日刊スポーツ「フラッシュアップ」 大谷昭宏

悩んだら なぜその職業を選んだのかを考えろ
‐企業説明の解禁、就活の開始‐

  春3月、やわらかな日差しがそそいだ1日、いつもの東海テレビ(名古屋)の「ニュース0ne」は来春卒業予定の大学生などに向けた企業説明の解禁、就活の開始を伝えていた。面接や内定の解禁日も定めた、いわゆる経団連ルールは今年が最後だという。

  とは言っても少子化の中、大変な若者不足で、実際は今年もなし崩し。きょうからしっかり企業を回ります、と硬い表情の学生がいる一方で、ニュースはチアリーダーが飛び跳ねる専門学校の出陣式。「4月中に内定をもらって5月の連休は海外で~す」という笑顔の女子グループも伝えていた。
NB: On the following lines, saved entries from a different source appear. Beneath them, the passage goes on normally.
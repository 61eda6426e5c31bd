//! Where rows or groups stand.

ghost use Rattle.std.specs.Prelude.{◌≡◌, IfOk};
ghost use Rattle.program_writers.specs.Codes.{Adds};
ghost use Rattle.plan_programs.specs.Sites as spec;

use dict_codes::Dictionary;
use expr_lower::{AggregatePlace, ColumnPlace, Places, column_path, expr_statements, value_name};
use io_edge::{Name, NoMemory};
use key_paths::Path;
use program_writers::Writer;
use program_writers::paths::mark;
use std::alloc::{AllocError, Global};
use std::marker::Model;
use typed_trees::{ColumnRef, TypedExpr};

/// A vector with a row, or a group, at each place whose mark is nonempty, and the attributes of its columns and aggregates.
pub struct Base {
    pub vector: Name,
    pub places: Places,
}

// Written out, so that letting go of one is a call.
impl Drop for Base {
    fn drop(self) {
        let Base {
            vector: _,
            places: _,
        } = self;
    }
}

impl Model for Base {
    ghost use Rattle.plan_programs.specs.Sites.{Base as Standing, base};

    ghost Value = { Standing };

    ghost view = { λ b. base b.vector b.places.columns.items b.places.aggregates.items };
}

impl Base {
    ghost use Rattle.std.specs.Prelude.{◌≡◌, IfOk};
    ghost use Rattle.plan_programs.specs.Sites as spec;

    /// A vector with nothing but its mark.
    pub fn marked_alone(alloc: Global, vector: Name) -> Base
        ensures { result ≡ spec.marked_alone vector }
    {
        Base {
            vector,
            places: Places {
                columns: Vec::new(alloc),
                aggregates: Vec::new(alloc),
            },
        }
    }

    /// The same rows at another vector.
    pub fn moved_to(self, vector: Name) -> Base
        ensures { result ≡ spec.moved_to vector self }
    {
        let Base { vector: _, places } = self;
        Base { vector, places }
    }

    /// The same rows again.
    pub fn copied(&self, alloc: Global) -> Result<Base, NoMemory>
        ensures { IfOk result (λ b. b ≡ self.now) }
    {
        let vector = self.vector.copied(alloc)?;
        let columns = copied_columns(alloc, self.places.columns.as_slice())?;
        let aggregates = copied_aggregates(alloc, self.places.aggregates.as_slice())?;
        Ok(Base {
            vector,
            places: Places {
                columns,
                aggregates,
            },
        })
    }

    /// One column more.
    pub fn with_column(self, vector: Name, column: ColumnRef, path: Path) -> Result<Base, NoMemory>
        ensures { IfOk result (λ b. b ≡ spec.with_column vector column path self) }
    {
        let Base { vector: _, places } = self;
        let Places {
            mut columns,
            aggregates,
        } = places;
        columns.push(ColumnPlace { column, path })?;
        Ok(Base {
            vector,
            places: Places {
                columns,
                aggregates,
            },
        })
    }

    /// One aggregate more.
    pub fn with_aggregate(
        self,
        vector: Name,
        aggregate: usize,
        path: Path,
    ) -> Result<Base, NoMemory>
        ensures { IfOk result (λ b. b ≡ spec.with_aggregate vector aggregate path self) }
    {
        let Ok(aggregate) = u32::try_from(aggregate) else {
            return Err(AllocError);
        };
        let Base { vector: _, places } = self;
        let Places {
            columns,
            mut aggregates,
        } = places;
        aggregates.push(AggregatePlace { aggregate, path })?;
        Ok(Base {
            vector,
            places: Places {
                columns,
                aggregates,
            },
        })
    }

    /// The path of a column.
    pub fn path_in(&self, alloc: Global, column: ColumnRef) -> Result<Path, NoMemory>
        ensures { IfOk result (λ p. p ≡ spec.path_in self.now column) }
    {
        column_path(alloc, self.places.columns.as_slice(), column)
    }
}

/// The value of an expression, at `.out` of the vector that it tells.
pub fn value_of(
    alloc: Global,
    w: &mut Writer,
    dictionary: &Dictionary,
    word: &str,
    b: &Base,
    e: &TypedExpr,
) -> Result<Name, NoMemory>
    ensures { IfOk result (λ n. Adds (spec.value_of dictionary.now word.now b.now e.now) w.old w.new n) }
{
    let mark = mark(alloc)?;
    let stem = w.stem(word)?;
    let statements = expr_statements(alloc, e, &b.vector, &mark, &b.places, dictionary, &stem)?;
    w.append(statements)?;
    value_name(alloc, &stem)
}

fn copied_columns(alloc: Global, columns: &[ColumnPlace]) -> Result<Vec<ColumnPlace>, NoMemory>
    ensures { IfOk result (λ v. v.items ≡ columns.now) }
{
    let mut copies = Vec::with_capacity(alloc, columns.len())?;
    for p in columns {
        copies.push(ColumnPlace {
            column: p.column,
            path: p.path.copied(alloc)?,
        })?;
    }
    Ok(copies)
}

fn copied_aggregates(
    alloc: Global,
    aggregates: &[AggregatePlace],
) -> Result<Vec<AggregatePlace>, NoMemory>
    ensures { IfOk result (λ v. v.items ≡ aggregates.now) }
{
    let mut copies = Vec::with_capacity(alloc, aggregates.len())?;
    for p in aggregates {
        copies.push(AggregatePlace {
            aggregate: p.aggregate,
            path: p.path.copied(alloc)?,
        })?;
    }
    Ok(copies)
}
  「まったくの売手市場ですね」というキャスターの問いかけに、こちらも笑顔を返しながら、ついついこんな言葉が口を突いて出る。

  最後はなんとか希望がかなったとはいえ、マスコミ一本に絞って不安のまっただ中にいたわが就職活動。この日解禁になった学生に「そんなときだからこそ」と、コメントをした。

  バブルがはじけて失われた十数年、就職氷河期といわれた時代は、心ならずもその職に就かざるを得なかった人が大勢いた。進路を選べるいまだからこそ、心底、自分がどんな職業につきたいのか、問いかけてほしい。
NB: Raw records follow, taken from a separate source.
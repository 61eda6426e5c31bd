//! The laws of the statements that groups are written with, as contracts.

ghost use Rattle.lowered_group_checks.specs.Laws.{UseLaw, PassLaw};

/// Each statement is used where the groups' vector is wanted, and it reaches the rows'.
pub fn use_law()
    ensures { UseLaw }
{}

/// They pass the check behind the vector of the rows.
pub fn pass_law()
    ensures { PassLaw }
{}
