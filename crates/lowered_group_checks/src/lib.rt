//! The checks of a plan's groups, and that each of their statements is used.
#![tactic(auto)]

pub mod laws;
  華やいだ雰囲気のなかで、どうしてもこんなことを言っておきたかったのは、たまたまこの日の朝、書店で1冊の文庫本を手にしたからかもしれない。

  朝日新聞三浦英之記者の「南三陸日記」。東日本大震災の年の6月から9カ月、三浦さんは津波で甚大な被害が出た南三陸に身を置いて日記をtづづった。その記事に私も何度、涙をぬぐったことか。それが集英社から文庫本になったのだ。

  忘れられない一文がある。

  三浦さんが駆け出し記者時代、「職業は違うが、目標は一緒だ」と何度も肩を叩いてくれた、その警察官は幹部になっていたが、あの震災で命を落とされた。県警の公葬が終わるのを待って主なき自宅を訪ねた。
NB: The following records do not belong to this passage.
//! The rows of a table, and those of them for which conditions are true.

ghost use Rattle.std.specs.Prelude.{◌≡◌, IfOk};
ghost use Rattle.program_writers.specs.Codes.{Adds};
ghost use Rattle.program_writers.specs.Writers.{through};
ghost use Rattle.plan_programs.specs.Rows as spec;

use crate::parts::{made, mark_of, ones};
use crate::paths::{named_path, value_path};
use crate::sites::{Base, value_of};
use control_vectors::{ControlVector, PairKind};
use dict_codes::Dictionary;
use io_edge::{Name, NoMemory};
use key_paths::Path;
use program_writers::Writer;
use program_writers::operators::{at_places, fold_of, load, pair, range, with_attribute};
use program_writers::paths::{mark, out, run, val};
use programs::{FoldOperator, Op, Size};
use sql_read::TableDef;
use std::alloc::Global;
use typed_trees::{ColumnRef, TypedExpr};

/// Where a table has a column.
fn loaded_path(alloc: Global, def: &TableDef, k: u32) -> Result<Path, NoMemory>
    ensures { IfOk result (λ p. p ≡ spec.loaded_path def.now k) }
{
    let Some(column) = def.columns.as_slice().get(k as usize) else {
        return out(alloc);
    };
    let name = column.name.text();
    let text = format!(in alloc; ".{name}")?;
    named_path(alloc, text.as_str())
}

/// A control vector along a vector.
pub fn along(alloc: Global, a: &Name, p: &Path, control: ControlVector) -> Result<Op, NoMemory>
    ensures { IfOk result (λ o. o ≡ Op.Range (Size.Of a.now) p.now control) }
{
    let size = Size::Of(a.copied(alloc)?);
    range(alloc, size, p, control)
}

/// A column more, from the table that was loaded.
fn column_in(
    alloc: Global,
    w: &mut Writer,
    def: &TableDef,
    source: u32,
    table: &Name,
    b: Base,
    k: u32,
) -> Result<Base, NoMemory>
    ensures { IfOk result (λ c. Adds (spec.column_in def.now source table.now b k) w.old w.new c) }
{
    let p = value_path(alloc, b.places.columns.len())?;
    let q = loaded_path(alloc, def, k)?;
    let op = with_attribute(alloc, &b.vector, &p, table, &q)?;
    let rows = w.make("rows", op)?;
    b.with_column(rows, ColumnRef { source, column: k }, p)
}

/// A vector whose mark is 1 at each row of a table.
fn marked(alloc: Global, w: &mut Writer, table: &Name) -> Result<Name, NoMemory>
    ensures { IfOk result (λ n. Adds (spec.marked table.now) w.old w.new n) }
{
    let mark = mark(alloc)?;
    let op = along(alloc, table, &mark, ones())?;
    w.make("rows", op)
}

/// The columns that are asked for, one by one.
fn columns_in(
    alloc: Global,
    w: &mut Writer,
    def: &TableDef,
    source: u32,
    table: &Name,
    b: Base,
    columns: &[u32],
) -> Result<Base, NoMemory>
    ensures { IfOk result (λ c. Adds (through (spec.column_in def.now source table.now) b columns.now) w.old w.new c) }
{
    let mut b = b;
    for k in columns {
        b = column_in(alloc, w, def, source, table, b, *k)?;
    }
    Ok(b)
}

/// The source with this number, whose table is loaded.
pub fn rows_of(
    alloc: Global,
    w: &mut Writer,
    def: &TableDef,
    source: u32,
    columns: &[u32],
) -> Result<Base, NoMemory>
    ensures { IfOk result (λ b. Adds (spec.rows_of def.now source columns.now) w.old w.new b) }
{
    let op = load(alloc, def.name.text())?;
    let table = w.make("table", op)?;
    let marked = marked(alloc, w, &table)?;
    let b = Base::marked_alone(alloc, marked);
    columns_in(alloc, w, def, source, &table, b, columns)
}

/// 1 where a row stands.
pub fn everywhere(alloc: Global, w: &mut Writer, b: &Base) -> Result<Name, NoMemory>
    ensures { IfOk result (λ all. Adds (spec.everywhere b.now) w.old w.new all) }
{
    let x = mark_of(alloc, &b.vector)?;
    let y = mark_of(alloc, &b.vector)?;
    let op = pair(alloc, PairKind::Equals, x, y)?;
    w.make("all", op)
}

/// What is true so far, and of a condition more.
fn and_true(
    alloc: Global,
    w: &mut Writer,
    dictionary: &Dictionary,
    b: &Base,
    all: &Name,
    e: &TypedExpr,
) -> Result<Name, NoMemory>
    ensures { IfOk result (λ next. Adds (spec.and_true dictionary.now b.now all.now e.now) w.old w.new next) }
{
    let value = value_of(alloc, w, dictionary, "where", b, e)?;
    let x = made(alloc, all)?;
    let y = made(alloc, &value)?;
    let op = pair(alloc, PairKind::LogicalAnd, x, y)?;
    w.make("all", op)
}

/// The conditions, one by one.
fn all_true(
    alloc: Global,
    w: &mut Writer,
    dictionary: &Dictionary,
    b: &Base,
    all: Name,
    conditions: &[TypedExpr],
) -> Result<Name, NoMemory>
    ensures { IfOk result (λ next. Adds (through (spec.and_true dictionary.now b.now) all conditions.now) w.old w.new next) }
{
    let mut all = all;
    for e in conditions {
        all = and_true(alloc, w, dictionary, b, &all, e)?;
    }
    Ok(all)
}

/// The places that a truth holds, in some runs.
fn picked(alloc: Global, w: &mut Writer, runs: &Name, all: &Name) -> Result<Name, NoMemory>
    ensures { IfOk result (λ n. Adds (spec.picked runs.now all.now) w.old w.new n) }
{
    let val = val(alloc)?;
    let out = out(alloc)?;
    let op = with_attribute(alloc, runs, &val, all, &out)?;
    let pick = w.make("pick", op)?;
    let op = fold_of(alloc, FoldOperator::Select, &pick)?;
    w.make("places", op)
}

/// The places that a truth holds, in the runs of a control vector.
fn places_of(
    alloc: Global,
    w: &mut Writer,
    select: ControlVector,
    vector: &Name,
    all: &Name,
) -> Result<Name, NoMemory>
    ensures { IfOk result (λ n. Adds (spec.places_of select vector.now all.now) w.old w.new n) }
{
    let run = run(alloc)?;
    let op = along(alloc, vector, &run, select)?;
    let runs = w.make("runs", op)?;
    picked(alloc, w, &runs, all)
}

/// The rows at the places that a truth holds.
fn selected(
    alloc: Global,
    w: &mut Writer,
    select: ControlVector,
    b: Base,
    all: &Name,
) -> Result<Base, NoMemory>
    ensures { IfOk result (λ c. Adds (spec.selected select b all.now) w.old w.new c) }
{
    let places = places_of(alloc, w, select, &b.vector, all)?;
    let op = at_places(alloc, &b.vector, &places)?;
    let rows = w.make("rows", op)?;
    Ok(b.moved_to(rows))
}

/// The rows for which each of some conditions is true.
pub fn kept(
    alloc: Global,
    w: &mut Writer,
    select: ControlVector,
    dictionary: &Dictionary,
    b: Base,
    conditions: &[TypedExpr],
) -> Result<Base, NoMemory>
    ensures { IfOk result (λ c. Adds (spec.kept select dictionary.now b conditions.now) w.old w.new c) }
{
    if conditions.len() == 0 {
        return Ok(b);
    }
    let all = everywhere(alloc, w, &b)?;
    let all = all_true(alloc, w, dictionary, &b, all, conditions)?;
    selected(alloc, w, select, b, &all)
}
  〈最期は女性を助けようと濁流にのまれた、と聞いた。「どうして…」と仏前で言いかけて、彼の口癖を思い出した。

  「悩んだら、なぜその職業を選んだのかを考えろ」

  帰りの車の中で、私は大声をあげて泣いた─〉

  春は、やはり出会いと別れの季節なのかもしれない。